Sample Size Calculator
Free sample size calculator: find how many survey respondents or observations you need for a given confidence level and margin of error, with the finite-population correction and every formula step shown.
You need 385 respondents
Sample size, step by step
z for 95% confidence = 1.96.
n = z² × p × (1 − p) / E² = 1.96² × 0.5 × 0.5 / 0.05² = 385.
What sample size means
Sample size is the number of respondents or observations a survey or study needs to estimate a population value — a proportion (like "60% of customers prefer X") or a mean (like "average order value is $42") — within a stated margin of error, at a stated confidence level. Too small a sample and your estimate could be far off; too large and you have spent more time and money than the extra precision was worth. This calculator computes the minimum sample size for either case and shows the formula with your numbers plugged in.
Proportion vs. mean
Estimating a proportion (a percentage, like "what share of visitors convert") uses Cochran's formula and needs an expected proportion — use 50% if you have no prior estimate, since it is the most conservative choice and gives the largest required sample. Estimating a mean (an average, like "average time on page") instead needs an estimated standard deviation for the thing you are measuring; if you have raw data to compute that from, the standard deviation calculator will get it for you. Both modes need a confidence level (how sure you want to be — 95% is standard) and a margin of error (how much wiggle room you will accept in the final estimate — smaller margins need dramatically larger samples, since required sample size grows with the square of 1/margin).
Worked example
Say you want to estimate what share of your customers prefer a new feature, with 95% confidence and a margin of error of ±5 percentage points, and you have no prior estimate of the true proportion (so use the conservative 50%). The 95% confidence z-value is 1.96. Sample size = 1.96² × 0.5 × (1 − 0.5) / 0.05² = 3.8416 × 0.25 / 0.0025 = 384.16, rounded up to 385 respondents. If you know your customer base is only 1,000 people, the finite-population correction brings that down to 278 — you need fewer respondents when you are sampling a known, smaller population.
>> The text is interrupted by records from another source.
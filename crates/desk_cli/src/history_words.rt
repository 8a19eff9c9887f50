//! The words of `history`.

use crate::words::DeskCommand;
use clap::{Arg, ArgAction, ArgMatches, Command as Grammar};
use std::alloc::{AllocError, Global};

/// The folder of the next month, and whether history that is there may be written over.
#[derive(Drop)]
pub struct HistoryWords {
    pub next: String,
    pub is_forced: bool,
}

/// `history NEXT [--force]`.
pub fn history_grammar<'w>(alloc: Global) -> Result<Grammar<'w>, AllocError> {
    let named = Grammar::new(alloc, "history").arg(Arg::new(alloc, "next").required(true))?;
    let force = Arg::new(alloc, "force")
        .long("force")
        .action(ArgAction::SetTrue);
    named.arg(force)
}

/// The command with what was read.
pub fn history_words(alloc: Global, found: &ArgMatches<'_>) -> Result<DeskCommand, AllocError> {
    let Some(next) = found.get_str("next") else {
        return Ok(DeskCommand::Usage);
    };
    Ok(DeskCommand::History(HistoryWords {
        next: String::from_str(alloc, next)?,
        is_forced: found.get_flag("force"),
    }))
}
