//! The words of `import`.

use crate::words::DeskCommand;
use clap::{Arg, ArgAction, ArgMatches, Command as Grammar};
use std::alloc::{AllocError, Global};

/// A sheet, and whether a file that is there may be written over.
#[derive(Drop)]
pub struct ImportWords {
    pub sheet: String,
    pub is_forced: bool,
}

/// `import SHEET [--force]`.
pub fn import_grammar<'w>(alloc: Global) -> Result<Grammar<'w>, AllocError> {
    let named = Grammar::new(alloc, "import").arg(Arg::new(alloc, "sheet").required(true))?;
    let force = Arg::new(alloc, "force")
        .long("force")
        .action(ArgAction::SetTrue);
    named.arg(force)
}

/// The command with what was read.
pub fn import_words(alloc: Global, found: &ArgMatches<'_>) -> Result<DeskCommand, AllocError> {
    match found.get_str("sheet") {
        Some(sheet) => Ok(DeskCommand::Import(ImportWords {
            sheet: String::from_str(alloc, sheet)?,
            is_forced: found.get_flag("force"),
        })),
        None => Ok(DeskCommand::Usage),
    }
}
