//! The folders of `calendars`.

use crate::calendars_command::run_calendars;
use crate::spots::{calendars_in, make_folder};
use crate::status::DeskStatus;
use shelf::{FolderShelf, Sink};
use std::alloc::AllocError;
use std::fs::Files;

/// Writes the calendars of a folder, with what fell away since another folder where one is named.
fn calendars_over<R: Files + AllocGlobal, O: Sink>(
    rt: &R,
    folder: &str,
    old: Option<&String>,
    out: &mut O,
) -> Result<DeskStatus, AllocError> {
    let alloc = rt.alloc();
    let written = calendars_in(alloc, folder)?;
    make_folder(rt, written.as_str());
    let before = match old {
        Some(old) => old.as_str(),
        None => folder,
    };
    Ok(run_calendars(
        alloc,
        &mut FolderShelf::new(rt, String::from_str(alloc, folder)?),
        &mut FolderShelf::new(rt, written),
        &mut FolderShelf::new(rt, String::from_str(alloc, before)?),
        &mut FolderShelf::new(rt, calendars_in(alloc, before)?),
        out,
        old.is_some(),
    ))
}

/// Writes the calendars of a folder, with what fell away since another folder where one is named.
pub fn calendars_in_folders<R: Files + AllocGlobal, O: Sink>(
    rt: &R,
    folder: &str,
    old: Option<&String>,
    out: &mut O,
) -> DeskStatus {
    match calendars_over(rt, folder, old, out) {
        Ok(status) => status,
        Err(_) => DeskStatus::NoMemory,
    }
}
The finite-population correction
The finite-population correction adjusts the sample size down when you are sampling from a known, limited population rather than an effectively infinite one (the general public, all possible transactions, and so on). Without it, the formula assumes there is no upper limit on how many people you could sample; with a population size entered, the correction accounts for the fact that sampling a larger share of a small population buys you more certainty per respondent. Leave the population size blank if your population is unknown or very large — the calculator uses the standard infinite-population formula.
How to use it
- Choose whether you are estimating a proportion (a percentage) or a mean (an average).
- Set your confidence level (95% is standard) and the margin of error you will accept.
- For a proportion, enter an expected proportion if you have one (50% is the safe default). For a mean, enter an estimated standard deviation.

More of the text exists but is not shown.